Problem statement
Which lines in the data below contain the string "ended"? Show each one.
Dataset excerpts below:
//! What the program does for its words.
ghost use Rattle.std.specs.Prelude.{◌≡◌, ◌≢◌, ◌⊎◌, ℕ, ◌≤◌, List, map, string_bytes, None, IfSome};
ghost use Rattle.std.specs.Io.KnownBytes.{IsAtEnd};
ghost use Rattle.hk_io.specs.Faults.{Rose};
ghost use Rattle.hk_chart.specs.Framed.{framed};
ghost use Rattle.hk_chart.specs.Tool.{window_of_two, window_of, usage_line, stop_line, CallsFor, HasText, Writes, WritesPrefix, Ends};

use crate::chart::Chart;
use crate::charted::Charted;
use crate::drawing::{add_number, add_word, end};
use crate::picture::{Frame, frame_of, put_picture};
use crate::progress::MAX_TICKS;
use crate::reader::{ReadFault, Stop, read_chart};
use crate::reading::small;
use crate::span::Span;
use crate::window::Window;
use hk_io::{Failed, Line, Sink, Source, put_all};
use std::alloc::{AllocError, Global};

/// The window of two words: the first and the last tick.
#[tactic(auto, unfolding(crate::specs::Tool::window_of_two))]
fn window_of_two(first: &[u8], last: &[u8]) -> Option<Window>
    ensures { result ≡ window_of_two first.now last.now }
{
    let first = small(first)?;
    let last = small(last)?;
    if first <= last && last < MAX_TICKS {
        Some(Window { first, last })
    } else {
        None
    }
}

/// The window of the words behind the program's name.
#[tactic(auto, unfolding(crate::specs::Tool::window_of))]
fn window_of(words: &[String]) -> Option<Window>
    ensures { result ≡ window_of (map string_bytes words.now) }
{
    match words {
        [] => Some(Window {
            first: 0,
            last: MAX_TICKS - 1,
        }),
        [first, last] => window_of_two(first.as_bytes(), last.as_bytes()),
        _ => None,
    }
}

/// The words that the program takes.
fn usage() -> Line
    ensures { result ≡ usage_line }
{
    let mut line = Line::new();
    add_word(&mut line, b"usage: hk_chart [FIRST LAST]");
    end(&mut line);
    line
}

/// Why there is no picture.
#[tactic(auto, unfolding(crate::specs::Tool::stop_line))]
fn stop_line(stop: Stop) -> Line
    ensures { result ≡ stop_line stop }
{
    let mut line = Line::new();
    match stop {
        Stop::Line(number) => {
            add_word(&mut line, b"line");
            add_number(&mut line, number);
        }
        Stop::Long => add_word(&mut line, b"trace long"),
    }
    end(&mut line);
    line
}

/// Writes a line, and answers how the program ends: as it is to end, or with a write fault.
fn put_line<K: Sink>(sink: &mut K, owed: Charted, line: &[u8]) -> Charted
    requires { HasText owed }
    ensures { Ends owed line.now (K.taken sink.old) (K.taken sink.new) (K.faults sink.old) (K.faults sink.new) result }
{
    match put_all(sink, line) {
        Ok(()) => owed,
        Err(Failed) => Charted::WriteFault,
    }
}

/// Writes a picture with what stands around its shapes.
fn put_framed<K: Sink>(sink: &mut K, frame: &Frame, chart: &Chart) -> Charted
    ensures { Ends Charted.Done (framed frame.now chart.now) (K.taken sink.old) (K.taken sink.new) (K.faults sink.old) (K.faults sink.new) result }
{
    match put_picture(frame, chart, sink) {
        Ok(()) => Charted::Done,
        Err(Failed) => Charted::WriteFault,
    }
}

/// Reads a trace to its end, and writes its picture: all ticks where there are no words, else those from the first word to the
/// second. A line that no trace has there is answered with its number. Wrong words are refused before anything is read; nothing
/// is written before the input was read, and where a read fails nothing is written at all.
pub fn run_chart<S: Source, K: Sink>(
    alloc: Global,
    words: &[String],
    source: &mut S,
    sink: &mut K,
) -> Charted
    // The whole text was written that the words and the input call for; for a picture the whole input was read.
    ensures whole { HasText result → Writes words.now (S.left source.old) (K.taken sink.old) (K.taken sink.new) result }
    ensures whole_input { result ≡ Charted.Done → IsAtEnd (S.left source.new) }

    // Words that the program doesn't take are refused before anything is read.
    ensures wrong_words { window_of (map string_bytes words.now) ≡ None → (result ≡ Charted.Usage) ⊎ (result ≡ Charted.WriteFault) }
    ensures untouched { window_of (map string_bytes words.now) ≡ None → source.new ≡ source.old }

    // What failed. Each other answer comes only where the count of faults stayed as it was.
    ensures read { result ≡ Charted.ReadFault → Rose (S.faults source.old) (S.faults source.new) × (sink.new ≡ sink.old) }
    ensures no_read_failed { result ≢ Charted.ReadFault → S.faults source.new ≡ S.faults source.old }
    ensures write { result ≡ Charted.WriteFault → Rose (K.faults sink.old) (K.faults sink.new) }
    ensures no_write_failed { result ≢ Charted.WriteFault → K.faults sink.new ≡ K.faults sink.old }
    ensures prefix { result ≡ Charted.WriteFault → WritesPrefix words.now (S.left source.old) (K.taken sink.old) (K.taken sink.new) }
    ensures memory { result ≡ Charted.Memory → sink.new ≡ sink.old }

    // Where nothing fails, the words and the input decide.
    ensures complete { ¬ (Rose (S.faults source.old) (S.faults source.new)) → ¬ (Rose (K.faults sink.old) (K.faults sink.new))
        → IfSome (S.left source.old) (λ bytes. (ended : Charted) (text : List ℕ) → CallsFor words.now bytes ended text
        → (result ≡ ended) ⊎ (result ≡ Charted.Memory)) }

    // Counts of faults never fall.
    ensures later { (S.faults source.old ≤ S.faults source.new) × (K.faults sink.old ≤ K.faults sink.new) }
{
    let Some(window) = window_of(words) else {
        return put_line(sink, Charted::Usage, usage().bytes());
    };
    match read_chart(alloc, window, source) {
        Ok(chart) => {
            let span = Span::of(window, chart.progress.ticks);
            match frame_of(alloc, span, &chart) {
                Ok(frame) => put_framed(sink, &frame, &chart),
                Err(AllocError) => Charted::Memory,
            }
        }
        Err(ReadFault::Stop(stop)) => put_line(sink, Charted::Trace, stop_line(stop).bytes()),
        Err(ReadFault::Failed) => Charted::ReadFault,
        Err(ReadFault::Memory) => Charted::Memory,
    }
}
End of Dataset excerpts.
Exercise result
        → IfSome (S.left source.old) (λ bytes. (ended : Charted) (text : List ℕ) → CallsFor words.now bytes ended text
        → (result ≡ ended) ⊎ (result ≡ Charted.Memory)) }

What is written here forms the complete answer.